3 Things We’ve Learned From Print Design


Stitched PanoramaWeb design has more in common with print design than we like to admit. While the web offers endless opportunities and unique design possibilities, print design has been evolving for over 500 years and much of how we approach content of all kinds comes from our longstanding use of print and paper.

Design is really all about connecting with the public and sharing information in an attractive form, whether it be in books, images, or videos. Noupe offered some print design rules that apply in every medium you want to use.

Less is More

Print has always been very aware of size constraints. If you go over the size limit, it means adding more space, which meant using more paper, which means higher costs. The web has the opposite problem. We are given endless space and some designers take that space and try to use as much of it as possible to bombard viewers with everything they have to offer.

When you throw too much at the audience all at once however, you face clutter problems as well as just overwhelming and putting off your audience. Consider a memo or press release, and how corporate designers aim to immediately grab the viewer’s attention with economic design. You can put out information with a strong central theme or message without attacking your audience all at once.

Make Scanning Easy

Very few people read every word on anything. We are skimmers, who jump to and from text littered all throughout or life, and we expect the things we read to make this easy for us. People don’t want to have to search extensively for what they’re looking for. They want the content to be broken up in a way where sections and different types of information are immediately obvious.

Following a typographical hierarchy is one of the best ways to keep your content organized for scanners to find what they are looking for. Headlines and sub-headings guide the eyes and announce the main topic of content sections, while bold and italics draw attention to important areas.

Functionality is More Important Than Style

Managing print functionality doesn’t seem like that much of a task, but part of that comes from our long history of streamlining text into its most legible forms from the birth of the print press.
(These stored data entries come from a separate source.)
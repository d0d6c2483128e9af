//! Tests of scripts that are spelled, upgraded and made, and of the words that name a task.
use rp_io::QuietSink;
use rp_scripts::make::make;
use rp_scripts::spell::spell;
use rp_scripts::upgrade::upgrade;
use rp_scripts::{Building, MadeTask, Task, listed_task};
use std::alloc::Global;
use std::process::Abort;

/// Returns a sink with room for a short script.
fn sheet(rt: &impl Abort, alloc: Global) -> QuietSink {
    QuietSink::new(alloc, 1000).expect(rt, "no memory")
}

#[test]
fn spells_each_command(rt: HostRuntime) {
    let mut sink = sheet(&rt, rt.alloc());
    let script = "rp 2\nmember half 2 0 0 -4 0.002 0.004 0.006 2\n# note\nwalk\n";
    let has_bad_line = spell(rt.alloc(), script.as_bytes(), &mut sink);
    assert_eq!(rt; has_bad_line, Ok(true));
    let want = "rp 2\nmember half 1 0 0 -2 0.001 0.002 0.003 1\n";
    assert_eq!(rt; sink.bytes(), want.as_bytes());
}

#[test]
fn upgrades_scripts(rt: HostRuntime) {
    let mut sink = sheet(&rt, rt.alloc());
    let script = "member box 0 0 0 10 10 10 5 3 5 9\n# a note\nwalk\n";
    let has_bad_line = upgrade(rt.alloc(), script.as_bytes(), &mut sink);
    assert_eq!(rt; has_bad_line, Ok(true));
    let want =
        "rp 2\nmember box 0.000 0.000 0.000 0.010 0.010 0.010 0.005 0.003 0.005 9\n# a note\n\n";
    assert_eq!(rt; sink.bytes(), want.as_bytes());
}

#[test]
fn makes_scripts_from_their_seeds(rt: HostRuntime) {
    let mut sink = sheet(&rt, rt.alloc());
    let building = Building {
        storeys: 2,
        seed: u64::MAX,
    };
    assert_eq!(rt; make(rt.alloc(), building, &mut sink), Ok(()));
    let want =
        "register s0 box 0 0 0 60000 40000 3000\ncut s0 half 6 8 0 -340000 s0a s0b\nneighbours s0a\nregister s1 box 0 0 3000 60000 40000 6000\ncut s1 half 1 1 0 -50000 s1a s1b\nneighbours s1a\naudit\nlist\n";
    assert_eq!(rt; sink.bytes(), want.as_bytes());
}

#[test]
fn words_name_a_task(rt: HostRuntime) {
    let mut words = Vec::new(rt.alloc());
    for text in ["trial", "1000", "18446744073709551615"] {
        words
            .push(String::from_str(rt.alloc(), text).expect(&rt, "no memory"))
            .expect(&rt, "no memory");
    }
    let greatest = Building {
        storeys: 1000,
        seed: u64::MAX,
    };
    let task = Some(Task::Made(MadeTask::Try, greatest));
    assert_eq!(rt; listed_task(&words), task);
}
Consider every aspect of print design that keeps text legible; text color, layout, font choice, and even text alignment all have to be considered in order to keep the print “functional” or able to convey the information you’re trying to share.

In web design, functionality is much more of an overt issue, yet the rule remains the same. Some designers try to hard to create lavish sights rich with animation and high quality images, but they sacrifice usability, sped, and practicality in favor of style. Any site that doesn’t work for users isn’t a successful site because people won’t care about fancy design if they can’t use it.